The Nevada Legislature banned possessing, owning, transferring or selling a bump stock in the 2019 legislative session.

The Supreme Court’s decision makes the federal ban unenforceable, but Nevada’s state-level ban will still remain in place. However, the push for a federal standard derives from the fact that, like in the Las Vegas shooting, gunmen can legally acquire guns and devices in states with less regulation.

To that end, Rep. Dina Titus (D-NV) has introduced a bill to ban bump stocks on the federal level in every session of Congress since 2017. The Closing the Bump Stocks Loophole Act, sponsored with Rep. Brian Fitzpatrick (R-PA), is the rare gun control that has some GOP support. When Democrats had a majority in 2021, it passed the House as part of a package with the support of five Republicans; of those, only Fitzpatrick is still in Congress.

In an interview, Titus said she’s kept the heat on Congress to act because she figured the Trump-era rule would be overturned — and suspected his administration pursued executive rulemaking to preempt a permanent solution in Congress.

“When the Trump administration did it by regulation, we said immediately [that] this is just a way to avoid having to pass a law, because they knew it would be challenged in court and likely struck down,” Titus said Friday. “We anticipated it.”

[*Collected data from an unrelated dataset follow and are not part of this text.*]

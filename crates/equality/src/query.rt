//! The answer to a query: the first denial whose terms are joined, and its core.
ghost use Rattle.std.specs.Prelude.{◌≡◌, ℕ, ◌<◌, ◌≤◌, false, ◌&&◌, ◌||◌, length, pos, Some, Ok, ◌==◌, slice_index_or};
ghost use Rattle.theory.specs.Literals.{claim};
ghost use Rattle.theory.specs.Calls.{over};
ghost use Rattle.congruence.specs.Merges.{label, needed, pair_of, log_of};
ghost use Rattle.congruence.specs.Equality.{clashes, clash, core, row};
ghost use Rattle.equality.specs.Logs.{log};
ghost use Rattle.equality.specs.Asked.{asserted, covers, Listed};

use crate::closure::Closure;
use crate::marks::Marks;
use congruence::{Claim, Reason, Step};
use theory::{Literal, Refusal, list_marks};

/// Notes the position at which a merge was asserted, if it is marked.
fn cite(marked: bool, reason: Reason, cited: &mut [bool])
    ensures { (p : ℕ) → p < length cited.old → slice_index_or cited.new p false
        ≡ (slice_index_or cited.old p false || (marked && asserted reason p)) }
{
    if !marked {
        return;
    }
    if let Reason::Asserted(q) = reason {
        if usize::from(q) < cited.len() {
            cited[usize::from(q)] = true;
        }
    }
}

/// Notes the positions at which marked merges were asserted.
fn cite_all(steps: &[Step], marks: &[bool], cited: &mut [bool])
    requires long { length steps.now ≤ length marks.now }
    requires clear { (p : ℕ) → p < length cited.old → slice_index_or cited.old p false ≡ false }
    ensures { (p : ℕ) → p < length cited.old
        → slice_index_or cited.new p false ≡ covers steps.now marks.now (length steps.now) p }
{
    for (s, marked) in steps.iter().zip(marks) {
        cite(*marked, s.reason, cited);
    }
}

// That there is a mark for each merge, and which are set, is asked where marks are lent: the guard
// holds them while they are set, and the theory otherwise.
impl Closure<'_> {
    ghost use Rattle.equality.specs.Closures.{records_of, steps_of, merged};

    /// Which positions are needed to join two terms; the marks are clear again on every way out.
    fn needed(&self, marks: &mut [bool], t: u16, u: u16) -> [bool; 128]
        requires long { length (steps_of self.now) ≤ length marks.old }
        requires clear { (k : ℕ) → slice_index_or marks.old k false ≡ false }
        requires near { t < length (records_of self.now) }
        requires far { u < length (records_of self.now) }
        requires together { label (merged self.now) t ≡ label (merged self.now) u }
        ensures length { length marks.new ≡ length marks.old }
        ensures clear { (k : ℕ) → slice_index_or marks.new k false ≡ false }
        ensures needed { (p : ℕ) → p < 128
            → slice_index_or result p false ≡ needed (records_of self.now) (merged self.now) p t u }
    {
        let mut cited = [false; 128];
        let marks = Marks { table: marks };
        self.explain(marks.table, t, u, self.merges());
        cite_all(&self.steps, marks.table, &mut cited);
        cited
    }

    /// Whether a literal is a denial whose two terms have one label.
    fn clashing(&self, claims: &[Claim], l: Literal) -> bool
        requires known { claim l < length claims.now }
        requires left { (pair_of claims.now l).left < 256 }
        requires right { (pair_of claims.now l).right < 256 }
        ensures { result ≡ clashes (label (merged self.now)) claims.now l }
    {
        if l % 2 == 0 {
            return false;
        }
        let q = claims[usize::from(l / 2)];
        let k = self.merges();
        self.label(k, q.left) == self.label(k, q.right)
    }

    /// The position of the first denial on the list whose two terms are joined.
    pub(crate) fn clash(&self, claims: &[Claim], list: &[Literal]) -> Option<usize>
        requires listed { Listed (records_of self.now) claims.now list.now }
        requires log { merged self.now ≡ log_of (records_of self.now) claims.now list.now }
        ensures { result ≡ clash (records_of self.now) claims.now list.now }
    {
        // A loop, since what `clashing` asks is known of the list's literals alone.
        for (p, l) in list.iter().enumerate() {
            if self.clashing(claims, *l) {
                return Some(p);
            }
        }
        None
    }

    /// Puts the core of a clash at position `d` of the list into the place, and returns its length.
    pub(crate) fn core(
        &self,
        marks: &mut [bool],
        claims: &[Claim],
        list: &[Literal],
        d: usize,
        place: &mut [u16],
    ) -> Result<usize, Refusal>
        requires long { length (steps_of self.now) ≤ length marks.old }
        requires clear { (k : ℕ) → slice_index_or marks.old k false ≡ false }
        requires listed { Listed (records_of self.now) claims.now list.now }
        requires log { merged self.now ≡ log_of (records_of self.now) claims.now list.now }
        requires short { length list.now ≤ 128 }
        requires within { length list.now ≤ length place.old }
        requires clash { Some d ≡ clash (records_of self.now) claims.now list.now }
        ensures length { length marks.new ≡ length marks.old }
        ensures clear { (k : ℕ) → slice_index_or marks.new k false ≡ false }
        ensures told { result ≡ Ok (length (core (records_of self.now) claims.now list.now d)) }
        ensures place { place.new
            ≡ over (core (records_of self.now) claims.now list.now d) place.old }
    {
        let q = claims[usize::from(list[d] / 2)];
        let mut cited = self.needed(marks, q.left, q.right);
        cited[d] = true;
        list_marks(&cited[..list.len()], place)
    }

    /// Writes the label of each term.
    pub(crate) fn write_labels(&self, place: &mut [i64])
        requires within { length (records_of self.now) ≤ length place.old }
        ensures { let m = length (records_of self.now) in
            place.new ≡ over (row 0 m (λ t. pos (label (merged self.now) t))) place.old }
    {
        let row = &self.rows[self.merges()];
        // By number: what an adapter of `iter_mut` wrote would not be known afterwards.
        for t in 0..self.terms.records.len() {
            place[t] = i64::from(row[t]);
        }
    }
}
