//! Octagon matrices: bounds on sums and differences of up to eight variables, with joins and closure.
//!
//! It stands on lemmas of `sa_numbers`. The layer above uses that a matrix is a table of bounds, that each call gives the
//! table that its definition in `specs/` names, and that `close` gives the closed form and loses no point.
//! A change must keep that an entry and its twin are equal and that the bound of a node on itself is 0.
#![tactic(auto)]

mod closing;
mod entries;
mod matrix;
mod node;
mod operations;
mod stored;

pub use closing::Closing;
pub use matrix::Matrix;
/// Want of memory, the one answer that no clause ties to anything.
pub use std::alloc::AllocError as OutOfMemory;
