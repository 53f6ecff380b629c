ghost use Rattle.std.specs.Prelude.{◌≡◌, ◌<◌};
ghost use Rattle.sa_dbm.specs.Tables.{bar};

/// The other node of the same variable.
#[tactic(auto, unfolding(crate::specs::Tables::bar))]
pub fn bar(node: usize) -> usize
    requires { node < 16 }
    ensures { result ≡ bar node }
{
    if node % 2 == 0 { node + 1 } else { node - 1 }
}
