//! Bounds as stored numbers.

ghost use Rattle.std.specs.Prelude.{◌≡◌};
ghost use Rattle.sa_dbm.specs.Bounds.{plus, half, is_negative};
ghost use Rattle.sa_dbm.specs.Stored.{shown, IsSummable};

/// Stands for no bound, and is above all bounds.
pub const NO_BOUND: i128 = i128::MAX;

/// The sum of two bounds.
pub fn sum(a: i128, b: i128) -> i128
    requires first { IsSummable (shown a) }
    requires second { IsSummable (shown b) }
    ensures { shown result ≡ plus (shown a) (shown b) }
{
    if a < NO_BOUND && b < NO_BOUND {
        a + b
    } else {
        NO_BOUND
    }
}

/// Half of a bound, rounded down.
pub fn half(a: i128) -> i128
    ensures { shown result ≡ half (shown a) }
{
    if a < NO_BOUND { a >> 1 } else { NO_BOUND }
}

pub fn is_negative(a: i128) -> bool
    ensures { result ≡ is_negative (shown a) }
{
    a < 0
}
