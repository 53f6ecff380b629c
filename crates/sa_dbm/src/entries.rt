//! Changes of stored bounds, place by place.

ghost use Rattle.std.specs.Prelude.{◌≡◌, ◌≢◌, ℕ, ◌+◌, ◌*◌, ◌<◌, ◌≤◌, length, false, MatchBool};
ghost use Rattle.sa_dbm.specs.Bounds.{plus, lesser, greater, at_most, AtMost};
ghost use Rattle.sa_dbm.specs.Stored.{shown, shown_at, IsSummable};
ghost use Rattle.sa_dbm.specs.Walks.{at_once};

use crate::stored::{NO_BOUND, sum};

/// Leaves no bounds but 0 of each node on itself.
pub fn clear(bounds: &mut [i128], nodes: usize)
    requires square { length bounds.old ≡ nodes * nodes }
    requires few { nodes ≤ 16 }
    ensures { (i j : ℕ) → i < nodes → j < nodes → shown_at bounds.new (i * nodes + j) ≡ at_once i j }
{
    for i in 0..bounds.len() {
        bounds[i] = NO_BOUND;
    }
    for i in 0..nodes {
        bounds[i * nodes + i] = 0;
    }
}

/// Lowers the bound at a place.
pub fn lower_at(bounds: &mut [i128], at: usize, c: i128)
    requires { at < length bounds.old }
    ensures here { shown_at bounds.new at ≡ lesser (shown_at bounds.old at) (shown c) }
    ensures others { (p : ℕ) → p ≢ at → shown_at bounds.new p ≡ shown_at bounds.old p }
{
    bounds[at] = bounds[at].min(c);
}

/// Adds to the bound at a place.
fn add_at(bounds: &mut [i128], at: usize, by: i128)
    requires inside { at < length bounds.old }
    requires bound { IsSummable (shown_at bounds.old at) }
    requires by { IsSummable (shown by) }
    ensures here { shown_at bounds.new at ≡ plus (shown_at bounds.old at) (shown by) }
    ensures others { (p : ℕ) → p ≢ at → shown_at bounds.new p ≡ shown_at bounds.old p }
{
    bounds[at] = sum(bounds[at], by);
}

/// Raises each bound to the other one at its place.
pub fn raise(bounds: &mut [i128], others: &[i128])
    requires { length bounds.old ≡ length others.now }
    ensures { (p : ℕ) → p < length bounds.old → shown_at bounds.new p ≡ greater (shown_at bounds.old p) (shown_at others.now p) }
{
    for i in 0..bounds.len() {
        bounds[i] = bounds[i].max(others[i]);
    }
}

/// Adds `row` to each bound (node, i) and `column` to each bound (i, node), for the other nodes i.
pub fn add_at_node(bounds: &mut [i128], nodes: usize, node: usize, row: i128, column: i128)
    requires square { length bounds.old ≡ nodes * nodes }
    requires few { nodes ≤ 16 }
    requires node { node < nodes }
    requires row { IsSummable (shown row) }
    requires column { IsSummable (shown column) }
    requires summable { (i j : ℕ) → i < nodes → j < nodes → IsSummable (shown_at bounds.old (i * nodes + j)) }
    ensures row { (i : ℕ) → i < nodes → i ≢ node →
        shown_at bounds.new (node * nodes + i) ≡ plus (shown_at bounds.old (node * nodes + i)) (shown row) }
    ensures column { (i : ℕ) → i < nodes → i ≢ node →
        shown_at bounds.new (i * nodes + node) ≡ plus (shown_at bounds.old (i * nodes + node)) (shown column) }
    ensures others { (i j : ℕ) → i < nodes → j < nodes → (i ≡ node → j ≡ node) → (j ≡ node → i ≡ node) →
        shown_at bounds.new (i * nodes + j) ≡ shown_at bounds.old (i * nodes + j) }
{
    for i in 0..nodes {
        if i != node {
            add_at(bounds, node * nodes + i, row);
            add_at(bounds, i * nodes + node, column);
        }
    }
}

/// Whether each bound is at most the other one at its place.
pub fn all_at_most(bounds: &[i128], others: &[i128]) -> bool
    requires { length bounds.now ≡ length others.now }
    ensures { MatchBool result
        ((p : ℕ) → p < length bounds.now → AtMost (shown_at bounds.now p) (shown_at others.now p))
        ((p : ℕ) × (p < length bounds.now) × (at_most (shown_at bounds.now p) (shown_at others.now p) ≡ false)) }
{
    for (bound, other) in bounds.iter().zip(others) {
        if other < bound {
            return false;
        }
    }
    true
}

Moving forward, she plans to begin conversations anew with Republicans on her legislation. In speaking with the bill’s original co-sponsors, she feels confident that it would pass on the floor. When brought as its own measure in 2022, 13 Republicans voted for the bump stock ban — the most popular gun control measure in the package among the GOP. Seven of those members are still in Congress.

Titus said she wants to engage some of the more moderate Republicans from districts surrounding New York City that voted for Biden in 2020, who she believes are more receptive to public opinion on gun issues. Polling after the attack in 2017 found 82 percent of Americans supported banning bump stocks.

“I think you're going to see a lot of support for it in the community to inspire some of these people who are in tough races to get on board,” she said.

The Impact

Gun control is already a big issue for Democrats, and the Supreme Court’s decision appears to have reinvigorated them. Nevada’s elected Democrats universally panned the decision and committed to continuing to fight for gun control measures in Congress.

The Trump campaign, meanwhile, said the decision “should be respected” and promised that Trump would always defend gun rights. His statement had no mention of the fact that it was his administration who created and enforced the bump stock ban.

Titus said this did not surprise her.

“He changes his mind from one minute to the next,” she said. “He probably didn’t recall that the ATF even made this decision under his administration.”